(Stored data)
* * * * *

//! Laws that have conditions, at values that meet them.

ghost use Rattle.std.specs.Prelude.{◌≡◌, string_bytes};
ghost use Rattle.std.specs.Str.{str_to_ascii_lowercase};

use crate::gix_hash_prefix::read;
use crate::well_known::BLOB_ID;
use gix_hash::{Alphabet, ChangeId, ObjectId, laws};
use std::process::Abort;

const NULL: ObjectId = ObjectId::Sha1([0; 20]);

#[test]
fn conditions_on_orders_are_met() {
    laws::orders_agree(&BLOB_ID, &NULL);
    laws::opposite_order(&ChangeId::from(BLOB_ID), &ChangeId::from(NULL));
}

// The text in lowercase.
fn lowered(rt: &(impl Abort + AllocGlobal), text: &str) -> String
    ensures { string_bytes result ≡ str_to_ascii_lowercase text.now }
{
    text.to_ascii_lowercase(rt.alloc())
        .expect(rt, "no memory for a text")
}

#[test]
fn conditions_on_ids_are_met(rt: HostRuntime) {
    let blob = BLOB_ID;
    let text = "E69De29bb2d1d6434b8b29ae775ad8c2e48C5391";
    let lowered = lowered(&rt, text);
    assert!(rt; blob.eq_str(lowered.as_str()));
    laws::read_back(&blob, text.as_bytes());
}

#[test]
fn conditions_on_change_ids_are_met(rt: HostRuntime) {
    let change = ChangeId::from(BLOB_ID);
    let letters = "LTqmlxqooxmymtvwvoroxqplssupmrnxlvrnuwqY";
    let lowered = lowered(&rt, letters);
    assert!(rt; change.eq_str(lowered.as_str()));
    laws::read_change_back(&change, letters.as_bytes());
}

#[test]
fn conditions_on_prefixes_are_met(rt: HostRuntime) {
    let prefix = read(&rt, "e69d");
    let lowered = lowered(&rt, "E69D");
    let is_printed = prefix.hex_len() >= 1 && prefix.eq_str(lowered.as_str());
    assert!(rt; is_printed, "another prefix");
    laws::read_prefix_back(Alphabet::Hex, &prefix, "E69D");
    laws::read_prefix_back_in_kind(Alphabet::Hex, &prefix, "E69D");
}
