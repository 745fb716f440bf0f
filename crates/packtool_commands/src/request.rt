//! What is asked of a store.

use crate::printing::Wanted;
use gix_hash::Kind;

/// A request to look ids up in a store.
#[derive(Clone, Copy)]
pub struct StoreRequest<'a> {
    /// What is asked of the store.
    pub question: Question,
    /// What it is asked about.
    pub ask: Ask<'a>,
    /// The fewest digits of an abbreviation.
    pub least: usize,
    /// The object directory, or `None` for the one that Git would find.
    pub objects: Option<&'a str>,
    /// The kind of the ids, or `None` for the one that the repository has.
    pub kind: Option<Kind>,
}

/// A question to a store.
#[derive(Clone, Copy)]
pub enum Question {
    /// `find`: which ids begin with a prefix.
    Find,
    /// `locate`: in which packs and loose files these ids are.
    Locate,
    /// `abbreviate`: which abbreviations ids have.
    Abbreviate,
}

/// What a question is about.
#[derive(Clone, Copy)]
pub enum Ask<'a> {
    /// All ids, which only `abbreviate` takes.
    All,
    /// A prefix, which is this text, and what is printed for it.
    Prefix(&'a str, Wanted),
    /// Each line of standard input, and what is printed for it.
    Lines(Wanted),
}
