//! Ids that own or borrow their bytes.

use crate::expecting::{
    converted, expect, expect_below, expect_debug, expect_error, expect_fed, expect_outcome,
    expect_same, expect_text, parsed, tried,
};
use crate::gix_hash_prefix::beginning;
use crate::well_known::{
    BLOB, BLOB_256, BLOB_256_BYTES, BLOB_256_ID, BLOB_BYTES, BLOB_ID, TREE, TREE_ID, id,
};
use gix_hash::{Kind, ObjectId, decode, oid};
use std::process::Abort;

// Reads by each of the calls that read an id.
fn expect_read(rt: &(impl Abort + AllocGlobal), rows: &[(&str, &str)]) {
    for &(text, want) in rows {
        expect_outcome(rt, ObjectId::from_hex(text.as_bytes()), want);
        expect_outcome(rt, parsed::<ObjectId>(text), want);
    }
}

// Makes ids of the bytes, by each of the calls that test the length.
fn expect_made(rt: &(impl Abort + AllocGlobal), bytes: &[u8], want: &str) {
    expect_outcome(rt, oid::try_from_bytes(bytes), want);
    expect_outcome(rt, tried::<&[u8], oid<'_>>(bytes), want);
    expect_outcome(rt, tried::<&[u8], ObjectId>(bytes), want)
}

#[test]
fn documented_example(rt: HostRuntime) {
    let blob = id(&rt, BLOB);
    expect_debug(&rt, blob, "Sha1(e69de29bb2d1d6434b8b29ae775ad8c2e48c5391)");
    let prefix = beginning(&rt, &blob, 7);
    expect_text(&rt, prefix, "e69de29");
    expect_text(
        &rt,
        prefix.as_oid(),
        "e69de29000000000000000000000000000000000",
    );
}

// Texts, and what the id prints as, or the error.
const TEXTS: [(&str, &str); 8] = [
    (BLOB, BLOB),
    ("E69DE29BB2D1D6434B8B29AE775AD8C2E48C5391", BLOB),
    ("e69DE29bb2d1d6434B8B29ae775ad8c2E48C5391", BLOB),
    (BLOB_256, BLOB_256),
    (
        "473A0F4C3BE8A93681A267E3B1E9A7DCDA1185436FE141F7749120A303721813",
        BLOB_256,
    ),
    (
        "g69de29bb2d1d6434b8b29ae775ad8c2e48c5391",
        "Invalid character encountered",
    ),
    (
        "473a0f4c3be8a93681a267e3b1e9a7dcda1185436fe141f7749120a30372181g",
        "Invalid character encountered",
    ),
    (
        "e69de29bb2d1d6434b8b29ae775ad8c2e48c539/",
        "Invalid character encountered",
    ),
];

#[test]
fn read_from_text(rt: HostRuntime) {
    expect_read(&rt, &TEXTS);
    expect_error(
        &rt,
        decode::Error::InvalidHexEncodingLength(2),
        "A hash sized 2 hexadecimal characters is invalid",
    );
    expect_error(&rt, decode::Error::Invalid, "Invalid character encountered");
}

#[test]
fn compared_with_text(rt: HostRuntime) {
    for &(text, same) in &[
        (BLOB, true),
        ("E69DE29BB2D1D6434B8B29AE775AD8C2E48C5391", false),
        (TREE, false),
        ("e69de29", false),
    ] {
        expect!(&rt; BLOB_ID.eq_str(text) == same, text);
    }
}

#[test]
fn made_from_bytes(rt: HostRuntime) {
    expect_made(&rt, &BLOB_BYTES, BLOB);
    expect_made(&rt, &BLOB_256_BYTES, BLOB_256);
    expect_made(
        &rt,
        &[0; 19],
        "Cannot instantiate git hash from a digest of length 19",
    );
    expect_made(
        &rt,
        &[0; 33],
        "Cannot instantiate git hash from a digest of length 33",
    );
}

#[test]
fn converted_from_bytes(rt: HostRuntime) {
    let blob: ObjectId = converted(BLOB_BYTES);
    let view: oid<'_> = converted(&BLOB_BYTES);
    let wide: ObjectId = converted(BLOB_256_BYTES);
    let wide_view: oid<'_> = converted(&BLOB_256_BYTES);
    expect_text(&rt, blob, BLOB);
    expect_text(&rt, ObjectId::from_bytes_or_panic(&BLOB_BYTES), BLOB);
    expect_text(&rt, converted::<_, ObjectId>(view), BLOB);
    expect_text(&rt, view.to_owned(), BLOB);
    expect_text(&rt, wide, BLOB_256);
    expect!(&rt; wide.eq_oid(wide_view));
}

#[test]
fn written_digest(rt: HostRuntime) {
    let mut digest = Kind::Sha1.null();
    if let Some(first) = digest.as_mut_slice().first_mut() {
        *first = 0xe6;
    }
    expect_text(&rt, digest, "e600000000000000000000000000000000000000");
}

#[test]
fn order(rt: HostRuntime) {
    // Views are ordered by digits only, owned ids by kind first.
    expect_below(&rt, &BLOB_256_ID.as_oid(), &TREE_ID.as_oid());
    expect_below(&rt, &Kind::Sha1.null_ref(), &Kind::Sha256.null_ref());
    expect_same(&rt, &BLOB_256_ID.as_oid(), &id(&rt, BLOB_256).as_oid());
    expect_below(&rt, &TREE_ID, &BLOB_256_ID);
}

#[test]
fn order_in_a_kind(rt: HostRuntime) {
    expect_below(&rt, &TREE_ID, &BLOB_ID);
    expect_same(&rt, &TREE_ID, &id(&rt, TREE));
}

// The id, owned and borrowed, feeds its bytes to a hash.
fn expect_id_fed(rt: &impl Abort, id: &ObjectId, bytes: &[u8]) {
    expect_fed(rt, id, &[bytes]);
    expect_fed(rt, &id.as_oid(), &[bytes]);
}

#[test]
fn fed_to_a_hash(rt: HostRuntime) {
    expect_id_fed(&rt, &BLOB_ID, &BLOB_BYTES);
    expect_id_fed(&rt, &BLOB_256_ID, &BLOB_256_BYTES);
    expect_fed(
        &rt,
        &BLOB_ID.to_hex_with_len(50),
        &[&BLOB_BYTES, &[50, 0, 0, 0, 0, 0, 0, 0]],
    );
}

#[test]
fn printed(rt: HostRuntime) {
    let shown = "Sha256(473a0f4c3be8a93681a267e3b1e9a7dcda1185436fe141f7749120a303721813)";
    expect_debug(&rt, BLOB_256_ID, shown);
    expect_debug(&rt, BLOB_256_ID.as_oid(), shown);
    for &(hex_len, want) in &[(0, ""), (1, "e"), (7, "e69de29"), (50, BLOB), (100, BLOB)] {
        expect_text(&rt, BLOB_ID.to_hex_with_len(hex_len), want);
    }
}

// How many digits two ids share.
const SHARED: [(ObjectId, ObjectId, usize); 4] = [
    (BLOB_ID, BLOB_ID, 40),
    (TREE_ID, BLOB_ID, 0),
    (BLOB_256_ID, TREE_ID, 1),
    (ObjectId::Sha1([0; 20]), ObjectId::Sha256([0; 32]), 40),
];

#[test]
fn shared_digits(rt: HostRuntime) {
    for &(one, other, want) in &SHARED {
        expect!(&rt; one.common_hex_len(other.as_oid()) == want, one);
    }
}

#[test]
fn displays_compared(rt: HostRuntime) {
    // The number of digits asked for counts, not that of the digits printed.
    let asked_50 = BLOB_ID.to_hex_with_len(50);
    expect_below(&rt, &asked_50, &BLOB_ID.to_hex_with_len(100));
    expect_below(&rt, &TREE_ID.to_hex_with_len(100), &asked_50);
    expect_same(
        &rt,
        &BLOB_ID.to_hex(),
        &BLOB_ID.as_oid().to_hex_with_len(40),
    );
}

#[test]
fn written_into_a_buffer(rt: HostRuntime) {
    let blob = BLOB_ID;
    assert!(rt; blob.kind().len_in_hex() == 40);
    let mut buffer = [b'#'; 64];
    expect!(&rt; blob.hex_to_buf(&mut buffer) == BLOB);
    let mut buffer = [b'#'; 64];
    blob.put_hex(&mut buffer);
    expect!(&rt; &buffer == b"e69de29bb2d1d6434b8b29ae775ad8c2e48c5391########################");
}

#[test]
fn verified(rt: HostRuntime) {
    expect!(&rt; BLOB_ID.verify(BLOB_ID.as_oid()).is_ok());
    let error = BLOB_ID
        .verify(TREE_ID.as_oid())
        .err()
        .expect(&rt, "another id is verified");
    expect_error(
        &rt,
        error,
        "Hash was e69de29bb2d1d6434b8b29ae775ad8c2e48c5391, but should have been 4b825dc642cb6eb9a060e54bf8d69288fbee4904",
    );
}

* * * * *

Directions -
Reproduce the records above line by line, without any change, up to and including the line that holds "text in lowercase.".

Task output -
//! Laws that have conditions, at values that meet them.

ghost use Rattle.std.specs.Prelude.{◌≡◌, string_bytes};
ghost use Rattle.std.specs.Str.{str_to_ascii_lowercase};

use crate::gix_hash_prefix::read;
use crate::well_known::BLOB_ID;
use gix_hash::{Alphabet, ChangeId, ObjectId, laws};
use std::process::Abort;

const NULL: ObjectId = ObjectId::Sha1([0; 20]);

#[test]
fn conditions_on_orders_are_met() {
    laws::orders_agree(&BLOB_ID, &NULL);
    laws::opposite_order(&ChangeId::from(BLOB_ID), &ChangeId::from(NULL));
}

// The text in lowercase.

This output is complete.